======== SUPPLIED RECORDS ========

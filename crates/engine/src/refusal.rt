// Why a call was not taken.
ghost use Rattle.std.specs.Prelude.{◌≡◌};
ghost use Rattle.engine.specs.Refusals.{number_of};

use processor::ReferenceFault;
use records::{BufferTooShort, RecordFault};
use store::{Fault, Half};

// The refusals, numbered from 1 in this order. A refused call leaves everything as it was.
#[derive(Clone, Copy, Debug, PartialEq, Eq)]
pub enum Refusal {
    // The place is above 7.
    NoSuchPlace,
    // The place has a worker already.
    PlaceOccupied,
    // The place has no worker.
    PlaceFree,
    // The length is 0 or above 32,768.
    BadLength,
    // The cells would end past the end of the store.
    PastStore,
    // A cell would be another worker's too.
    CellShared,
    // The entry is not below the length.
    EntryPastLength,
    // The address is not below the length.
    AddressPastLength,
    // The word, A, Q or P has more bits than it can have.
    NumberTooWide,
    // The budget is above 1,000,000.
    BudgetTooLarge,
    // The worker is held, so it cannot run.
    WorkerHeld,
    // The worker is not held, so there is nothing to answer.
    WorkerNotHeld,
    // The buffer has fewer than 29 bytes.
    ShortBuffer,
    // No cause has that number, or no store has a cell at that address.
    NoFixedAddress,
    // The register record has fewer than 29 bytes.
    ShortRecord,
    // Its length is not 27.
    RecordLength,
    // Its version is not 1.
    RecordVersion,
    // A field of it is too wide for its register: the first such field has this offset.
    FieldTooWide(u32),
    // This half of the cell is spoiled.
    Spoiled(Half),
}

impl Refusal {
    // Its number, 1 to 19.
    pub fn number(self) -> u32
        ensures { result ≡ number_of self }
    {
        match self {
            Refusal::NoSuchPlace => 1,
            Refusal::PlaceOccupied => 2,
            Refusal::PlaceFree => 3,
            Refusal::BadLength => 4,
            Refusal::PastStore => 5,
            Refusal::CellShared => 6,
            Refusal::EntryPastLength => 7,
            Refusal::AddressPastLength => 8,
            Refusal::NumberTooWide => 9,
            Refusal::BudgetTooLarge => 10,
            Refusal::WorkerHeld => 11,
            Refusal::WorkerNotHeld => 12,
            Refusal::ShortBuffer => 13,
            Refusal::NoFixedAddress => 14,
            Refusal::ShortRecord => 15,
            Refusal::RecordLength => 16,
            Refusal::RecordVersion => 17,
            Refusal::FieldTooWide(_) => 18,
            Refusal::Spoiled(_) => 19,
        }
    }
}

// A word that the store does not have is none of the worker's.
impl From<Fault> for Refusal {
    ghost use Rattle.engine.specs.Refusals.{by_fault};

    ghost from_gives = { λ fault refusal. refusal ≡ by_fault fault };

    fn from(fault: Fault) -> Self {
        match fault {
            Fault::NoCell => Refusal::AddressPastLength,
            Fault::Spoiled(half) => Refusal::Spoiled(half),
        }
    }
}

impl From<ReferenceFault> for Refusal {
    ghost use Rattle.engine.specs.Refusals.{by_reference};

    ghost from_gives = { λ fault refusal. refusal ≡ by_reference fault };

    fn from(fault: ReferenceFault) -> Self {
        match fault {
            ReferenceFault::Protection => Refusal::AddressPastLength,
            ReferenceFault::Parity(fault) => fault.into(),
        }
    }
}

impl From<BufferTooShort> for Refusal {
    ghost use Rattle.engine.specs.declared.refusal.Refusal.TheVariants.{ShortBuffer};

    ghost from_gives = { λ fault refusal. refusal ≡ ShortBuffer };

    fn from(_: BufferTooShort) -> Self {
        Refusal::ShortBuffer
    }
}

impl From<RecordFault> for Refusal {
    ghost use Rattle.engine.specs.Refusals.{by_record_fault};

    ghost from_gives = { λ fault refusal. refusal ≡ by_record_fault fault };

    fn from(fault: RecordFault) -> Self {
        match fault {
            RecordFault::TooShort => Refusal::ShortRecord,
            RecordFault::WrongLength => Refusal::RecordLength,
            RecordFault::WrongVersion => Refusal::RecordVersion,
            RecordFault::TooWide(offset) => Refusal::FieldTooWide(offset),
        }
    }
}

========

### TO DO
Within the records above, how many lines include the word "have"? Only the number is wanted.

### ANSWER SECTION
2